The reranker also includes a retry + fallback mechanism: if the API returns a 503 UNAVAILABLE, it waits 5 seconds and retries up to 3 times. On total failure, it falls back to the top 5 from RRF directly — so the pipeline never crashes.
Real Results
Here's what happened when I ran the same query with both approaches:
Query: "What are the advantages of the Transformer architecture over traditional RNNs?"

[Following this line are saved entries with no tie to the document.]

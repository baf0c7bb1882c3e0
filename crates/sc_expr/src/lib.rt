//! The texts of expressions, values and delays, read and written exactly.
#![tactic(auto)]

mod delay;
mod fault;
mod lexer;
mod literal;
mod number;
mod reader;
mod sub;
mod writer;

pub use delay::read_delay;
pub use fault::ExprFault;
pub use literal::{print_value, put_text, put_value, read_value};
pub use number::number_of;
pub use reader::read_expr;
pub use writer::print_expr;
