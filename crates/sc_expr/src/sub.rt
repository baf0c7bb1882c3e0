ghost use Rattle.std.specs.Prelude.{◌≡◌, ◌≢◌, ◌≤◌, IfOk};
ghost use Rattle.sc_types.specs.Expressions.{depth};
ghost use Rattle.sc_types.specs.declared.limits.TheConstants.{EXPRESSION_LEVEL_LIMIT};
ghost use Rattle.sc_types.specs.declared.expr.Expr.TheVariants.{Two, Item, Len, AsText};
ghost use Rattle.sc_expr.specs.Descent.{prefix_of};
ghost use Rattle.sc_expr.specs.Reads.{Makes};

use crate::fault::ExprFault;
use sc_types::{Boxed, EXPRESSION_LEVEL_LIMIT, Expr, NoMemory, Op};
use std::alloc::Global;
use std::marker::Model;

/// What stands before an operand.
#[derive(Clone, Copy, Debug, PartialEq, Eq)]
pub(crate) enum Prefix {
    Not,
    Minus,
}

/// An expression of at most 256 levels, with its depth. It has a place of its own, so that the frames of the reader,
/// which may be hundreds deep, hold no more than its address.
#[derive(Drop)]
pub(crate) struct Sub {
    expr: Boxed<Expr>,
    levels: u32,
}

impl Model for Sub {
    ghost use Rattle.sc_types.specs.declared.limits.TheConstants.{EXPRESSION_LEVEL_LIMIT};
    ghost use Rattle.std.specs.Prelude.{◌≡◌, ◌≤◌};
    ghost use Rattle.sc_types.specs.Expressions.{depth};
    ghost use Rattle.sc_types.specs.declared.expr.Expr.{Expr};
    ghost use Rattle.sc_types.specs.contracts.expr.Expr as c;
    ghost use Rattle.std.specs.Coded.{codes};

    ghost Value = { Expr };

    ghost coded = { Prim.hlevel (codes, c.the_row.coded) };

    ghost view = { λ s. s.expr };

    ghost invariant = { λ s. (s.levels ≡ depth s.expr) × (s.levels ≤ EXPRESSION_LEVEL_LIMIT) };
}

impl Sub {
    pub(crate) fn leaf(alloc: Global, expr: Expr) -> Result<Sub, NoMemory>
        requires { depth expr ≡ 1 }
        ensures value { IfOk result (λ s. s ≡ expr) }
        ensures shallow { IfOk result (λ s. depth s ≤ EXPRESSION_LEVEL_LIMIT) }
    {
        let expr = Boxed::new(alloc, expr)?;
        Ok(Sub { expr, levels: 1 })
    }

    pub(crate) fn limited(alloc: Global, expr: Expr, levels: u32) -> Result<Sub, ExprFault>
        requires { levels ≡ depth expr }
        ensures { Makes expr result }
    {
        if levels > EXPRESSION_LEVEL_LIMIT {
            return Err(ExprFault::NotExpr);
        }
        let expr = Boxed::new(alloc, expr)?;
        Ok(Sub { expr, levels })
    }

    pub(crate) fn depth(&self) -> u32
        ensures value { result ≡ depth self.now }
        ensures bound { result ≤ EXPRESSION_LEVEL_LIMIT }
    {
        self.levels
    }

    pub(crate) fn into_expr(self) -> Expr
        ensures value { result ≡ self }
        ensures shallow { depth self ≤ EXPRESSION_LEVEL_LIMIT }
    {
        self.expr.into_inner()
    }

    #[tactic(auto, using(crate::proofs::Rules::depths))]
    pub(crate) fn with_prefix(self, alloc: Global, prefix: Prefix) -> Result<Sub, ExprFault>
        ensures { Makes (prefix_of prefix self) result }
    {
        let Sub { expr, levels } = self;
        match prefix {
            Prefix::Not => Sub::limited(alloc, Expr::Not(expr), levels + 1),
            Prefix::Minus => Sub::limited(alloc, Expr::Neg(expr), levels + 1),
        }
    }

    #[tactic(auto, using(crate::proofs::Rules::depths))]
    pub(crate) fn len(self, alloc: Global) -> Result<Sub, ExprFault>
        ensures { Makes (Len self) result }
    {
        let Sub { expr, levels } = self;
        Sub::limited(alloc, Expr::Len(expr), levels + 1)
    }

    #[tactic(auto, using(crate::proofs::Rules::depths))]
    pub(crate) fn as_text(self, alloc: Global) -> Result<Sub, ExprFault>
        ensures { Makes (AsText self) result }
    {
        let Sub { expr, levels } = self;
        Sub::limited(alloc, Expr::AsText(expr), levels + 1)
    }

    #[tactic(auto, using(crate::proofs::Rules::depths))]
    pub(crate) fn two(alloc: Global, op: Op, left: Sub, right: Sub) -> Result<Sub, ExprFault>
        ensures { Makes (Two op left right) result }
    {
        let levels = left.levels.max(right.levels) + 1;
        Sub::limited(alloc, Expr::Two(op, left.expr, right.expr), levels)
    }

    #[tactic(auto, using(crate::proofs::Rules::depths))]
    pub(crate) fn item(alloc: Global, list: Sub, place: Sub) -> Result<Sub, ExprFault>
        ensures { Makes (Item list place) result }
    {
        let levels = list.levels.max(place.levels) + 1;
        Sub::limited(alloc, Expr::Item(list.expr, place.expr), levels)
    }
}
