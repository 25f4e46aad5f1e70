//! How many of a row's first cells are not below their ground, compared sixteen cells at a time.

ghost use Rattle.std.specs.Prelude.{◌≡◌, ◌<◌, ◌≤◌, ◌↔◌, ◌-◌};
ghost use Rattle.drain_rules.specs.Names.{ℕ, FitsSigned, IsTrue, length, slice_range, w16, AreRowHeights, IsBelowAt};
ghost use Rattle.drain_rules.specs.Rows.{grounds};

use drain_fill::first_below;
use drain_pixels::{GroundRow, PixelNumbers};

/// How many cells are looked at in one go: their heights are on the stack.
const BLOCK: usize = 256;

/// The elevations of a row as numbers. A void counts as -32768, which no number of 16 bits is below.
#[derive(Clone, Copy)]
pub struct Grounds<'a> {
    pub row: &'a GroundRow,
}

impl PixelNumbers for Grounds<'_> {
    ghost numbers = { λ g. grounds g.row.now };

    fn len(&self) -> usize {
        self.row.len()
    }

    fn at(&self, k: usize) -> i64 {
        self.row.z(k).unwrap_or(-32768)
    }
}

/// The place of the first conditioned elevation below its ground, the number of cells if there is none. If a conditioned
/// elevation doesn't fit 16 bits it may be a place before.
pub fn cells_above_ground<N: PixelNumbers, G: PixelNumbers>(con: &N, ground: &G) -> usize
    requires { length (N.numbers con.now) ≡ length (G.numbers ground.now) }
    ensures within { result ≤ length (N.numbers con.now) }
    ensures above { (place : ℕ) → place < result → ¬ IsBelowAt (N.numbers con.now) (G.numbers ground.now) place }
    ensures first { AreRowHeights (N.numbers con.now) → result < length (N.numbers con.now) → IsBelowAt (N.numbers con.now) (G.numbers ground.now) result }
{
    let mut block = [0; BLOCK];
    let mut heights = [0; BLOCK];
    let mut at = 0;
    while at < ground.len() {
        let end = ground.len().min(at.saturating_add(BLOCK));
        let part = &mut block[..end - at];
        copy_numbers(part, con, at, end);
        let below = &mut heights[..end - at];
        copy_numbers(below, ground, at, end);
        let above = cells_of_block(part, below);
        if above < end - at {
            return at + above;
        }
        at = end;
    }
    at
}

/// Copies the numbers from one column up to another, one to each place.
fn copy_numbers<N: PixelNumbers>(out: &mut [i64], numbers: &N, first: usize, end: usize)
    requires ordered { first ≤ end }
    requires inside { end ≤ length (N.numbers numbers.now) }
    requires room { length out.old ≡ end - first }
    ensures { out.new ≡ slice_range (N.numbers numbers.now) first end }
{
    for col in first..end {
        out[col - first] = numbers.at(col);
    }
}

/// The same of at most 256 places, none if a conditioned elevation doesn't fit 16 bits.
fn cells_of_block(con: &[i64], ground: &[i64]) -> usize
    requires same { length con.now ≡ length ground.now }
    requires short { length con.now ≤ BLOCK }
    ensures within { result ≤ length con.now }
    ensures above { (place : ℕ) → place < result → ¬ IsBelowAt con.now ground.now place }
    ensures first { AreRowHeights con.now → result < length con.now → IsBelowAt con.now ground.now result }
{
    let mut conditioned = [0; BLOCK];
    let mut heights = [0; BLOCK];
    let conditioned = &mut conditioned[..con.len()];
    let heights = &mut heights[..con.len()];
    if !narrow(conditioned, con) {
        return 0;
    }
    if narrow(heights, ground) {
        first_below(conditioned, heights).unwrap_or(con.len())
    } else {
        first_lower(con, ground)
    }
}

/// The same, one place after the other.
fn first_lower(con: &[i64], ground: &[i64]) -> usize
    requires { length con.now ≡ length ground.now }
    ensures within { result ≤ length con.now }
    ensures above { (place : ℕ) → place < result → ¬ IsBelowAt con.now ground.now place }
    ensures first { result < length con.now → IsBelowAt con.now ground.now result }
{
    for place in 0..con.len() {
        if con[place] < ground[place] {
            return place;
        }
    }
    con.len()
}

/// Converts the numbers to 16 bits each, and returns whether all of them fit. Without a branch, so it is vectorised.
fn narrow(out: &mut [i16], numbers: &[i64]) -> bool
    requires { length numbers.now ≡ length out.old }
    ensures all { IsTrue result ↔ AreRowHeights numbers.now }
    ensures same { IsTrue result → out.new ≡ numbers.now }
{
    let mut all = true;
    for place in 0..numbers.len() {
        let number = numbers[place];
        all &= fits(number);
        out[place] = narrowed(number);
    }
    all
}

/// Whether 16 signed bits hold the number.
#[inline(always)]
fn fits(number: i64) -> bool
    ensures { IsTrue result ↔ FitsSigned w16 number }
{
    number >= -32768 && number <= 32767
}

/// The number, if 16 bits hold it; else 0.
#[inline(always)]
fn narrowed(number: i64) -> i16
    ensures { FitsSigned w16 number → result ≡ number }
{
    if fits(number) { number as i16 } else { 0 }
}
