impl Area {
    ghost use Rattle.drain_rules.specs.Areas.{HasRow, everywhere};

    /// All cells of any grid.
    pub fn everywhere() -> Area
        ensures { result ≡ everywhere }
    {
        Area {
            top: 0,
            bottom: u32::MAX,
            left: 0,
            right: u32::MAX,
        }
    }

    /// Whether the row is one of its rows.
    pub fn has_row(&self, row: u32) -> bool
        ensures { IsTrue result ↔ HasRow self.now row }
    {
        self.top <= row && row < self.bottom
    }
}

/// Why a walk stops.
#[derive(Clone, Copy, PartialEq, Eq, Debug)]
pub enum Stop {
    /// The first rule that fails at the cell.
    Fault(Rule),
    OutOfMemory,
}

/// The first rule that is tried and fails at a column of a row, SharedLabel left out; none if they all hold.
///
/// If the cell is known not to be below its ground (`is_above`), that isn't checked again. The patch is looked at only
/// where the row doesn't show an outlet that keeps them.
fn fault_at<R: PatchRow>(row: &R, rules: &Rules, col: u32, is_above: bool) -> Option<Rule>
    requires inside { col < R.len row.now }
    requires above { IsTrue is_above → BelowGroundHolds (R.shown row.now col) }
    ensures least { IsLeastFault IsPatchRule (tried rules.now (R.shown row.now col)) result }
{
    if row.is_right_outlet(rules, col) {
        None
    } else {
        screened_fault(&row.patch(col), rules, is_above)
    }
}
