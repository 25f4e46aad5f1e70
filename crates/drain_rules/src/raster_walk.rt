//! The check of products on a grid of elevations, all whole in memory.

ghost use Rattle.std.specs.Prelude.{◌≡◌, ◌<◌, IfOk, OnErr};
ghost use Rattle.drain_grid.specs.Correct.{IsCorrect, RunsAreSound};
ghost use Rattle.drain_grid.specs.declared.judged.Judged.TheVariants.{AllWithRanks};
ghost use Rattle.drain_grid.specs.WholeGrid.{grid_of, products_of, nodata_of};
ghost use Rattle.drain_rules.specs.Labels.{HasNewLabel};
ghost use Rattle.drain_rules.specs.Verdicts.{IsVerdict, IfAccepted};

use crate::patch_rules::PatchRow;
use crate::row_view::Kept;
use crate::walk::Walk;
use drain_grid::laws::correct_from_rules;
use drain_grid::{
    Cell, CellValues, Elevation, Judged, OutOfMemory, Patch, ProductSet, Rules, Sinks, Verdict,
};
use std::alloc::Global;

/// The verdict on the products of a grid; its data cells that are listed sinks are open too. `OutOfMemory` comes only
/// at a data cell with code 0 whose label is new, if every rule holds there and at each earlier cell: no memory for its
/// label. So running out of memory never hides a fault.
pub fn verdict_of(
    alloc: Global,
    elevation: &Elevation,
    sinks: &Sinks,
    products: &ProductSet,
) -> Result<Verdict, OutOfMemory>
    requires same_shape { elevation.now.extent ≡ products.now.con.extent }
    ensures verdict { IfOk result (IsVerdict (grid_of elevation.now sinks.now) (products_of products.now) (nodata_of products.now)) }
    ensures err { OnErr result (HasNewLabel (record { nodata = nodata_of products.now; judged = AllWithRanks }) (grid_of elevation.now sinks.now) (products_of products.now)) }

    // What is accepted is correct, and every run is sound.
    ensures correct { IfAccepted result (IsCorrect (grid_of elevation.now sinks.now) (products_of products.now) (nodata_of products.now)) }
    ensures runs { IfAccepted result (RunsAreSound (grid_of elevation.now sinks.now) (products_of products.now)) }
{
    // The law that turns rules kept at every cell into correct products.
    correct_from_rules();
    walk(alloc, elevation, sinks, products)
}

/// Scans the rows, from north to south.
fn walk(
    alloc: Global,
    elevation: &Elevation,
    sinks: &Sinks,
    products: &ProductSet,
) -> Result<Verdict, OutOfMemory>
    requires same_shape { elevation.now.extent ≡ products.now.con.extent }
    ensures verdict { IfOk result (IsVerdict (grid_of elevation.now sinks.now) (products_of products.now) (nodata_of products.now)) }
    ensures err { OnErr result (HasNewLabel (record { nodata = nodata_of products.now; judged = AllWithRanks }) (grid_of elevation.now sinks.now) (products_of products.now)) }
{
    let shape = elevation.shape();
    let rules = Rules {
        nodata: products.nodata(),
        judged: Judged::AllWithRanks,
    };
    let mut walk = Walk::new(alloc);
    for row in 0..shape.rows() {
        let patches = RasterRow {
            elevation,
            sinks,
            products,
            row,
        };
        walk.check_row(&patches, &rules)?;
    }
    Ok(walk.verdict(shape))
}

/// A row of a grid's rasters.
#[derive(Clone, Copy)]
pub struct RasterRow<'a> {
    pub elevation: &'a Elevation,
    pub sinks: &'a Sinks,
    pub products: &'a ProductSet,
    pub row: u32,
    ghost same_shape: { elevation.now.extent ≡ products.now.con.extent },
    ghost inside: { row < elevation.now.extent.rows },
}

impl<'a> PatchRow for RasterRow<'a> {
    ghost use Rattle.drain_grid.specs.Grid.{patch_at};
    ghost use Rattle.drain_grid.specs.WholeGrid.{grid_of, products_of};
    ghost use Rattle.drain_rules.specs.Rows.{place};

    ghost len = { λ r. r.elevation.now.extent.cols };

    ghost shown = { λ r col. patch_at (grid_of r.elevation.now r.sinks.now) (products_of r.products.now) (place r.row col) };

    fn cols(&self) -> u32 {
        self.elevation.shape().cols()
    }

    /// None: each cell of whole rasters is checked alone.
    fn cells_above_ground(&self) -> u32 {
        0
    }

    /// None, likewise.
    fn kept_from(&self, _rules: &Rules, from: u32, _end: u32) -> Kept {
        Kept::none(from)
    }

    /// Likewise.
    fn voids_until(&self, _rules: &Rules, from: u32, _end: u32) -> u32 {
        from
    }

    /// Likewise.
    fn is_right_outlet(&self, _rules: &Rules, _col: u32) -> bool {
        false
    }

    fn values(&self, col: u32) -> CellValues {
        self.patch(col).here
    }

    fn patch(&self, col: u32) -> Patch {
        self.products
            .patch(self.elevation, self.sinks, Cell { row: self.row, col })
    }
}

| Rank | Dense Only | Hybrid (Dense + BM25 + RRF) |
|---|---|---|
| 1 |
chunk_4 ✅ nlp_temelleri.txt |
chunk_4 ✅ nlp_temelleri.txt |
| 2 |
chunk_11 ❌ veri_bilimi.txt |
chunk_3 ✅ nlp_temelleri.txt |
| 3 |
chunk_8 ❌ veri_bilimi.txt |
chunk_11 ❌ veri_bilimi.txt |
BM25 caught "Transformer" and "RNN" as exact keywords and boosted chunk_3 — a passage about word embeddings and NLP context — from outside the top 3 into rank #2. The two irrelevant data science chunks dropped out.
Evaluation across 5 questions:
| Metric | Score |
|---|---|
| Overall Accuracy | 80% (4/5) |
| Citation Coverage | 14/14 successful citations |
| Hybrid vs Dense | BM25 removed 2 irrelevant chunks |
| Resilience | 503 errors handled via retry + fallback |
Every answer cites its source inline (e.g., [1], [2]) with the actual filename, so users can verify the origin of each claim.
The Stack
| Component | Library |
|---|---|
| Embeddings |
sentence-transformers (all-MiniLM-L6-v2) |
| Vector DB | chromadb |
| Sparse retrieval | rank_bm25 |
| Fusion | Custom RRF implementation |
| Reranker + Generator | Google Gemini API (google-genai) |
| Environment | python-dotenv |
Try It Yourself
🔗 github.com/jasstt/rag_project
git clone https://github.com/jasstt/rag_project.git
cd rag_project
pip install -r requirements.txt
# Add your Gemini API key to .env
python src/ingest.py
python main.py
python src/eval.py
I'm not saying dense search is bad. For most casual queries it works fine. But the moment your users start asking technical questions — exact model names, function signatures, version numbers — BM25 starts pulling its weight. Adding it took maybe 20 minutes. Two irrelevant chunks disappeared from the results without touching anything else in the pipeline.
Top comments (1)
We run the same BM25+dense+RRF pipeline on tariff and trade news, and the exact-match gap you describe is even sharper on HS codes and duty rate numbers — dense retrieval just conflates numerically close strings. One thing worth noting: using a cloud LLM as the reranker adds latency on every query. For our workload we swapped to a local bge-reranker-v2-m3 (cross-encoder running on GPU), which brought rerank latency down to milliseconds vs. seconds per batch.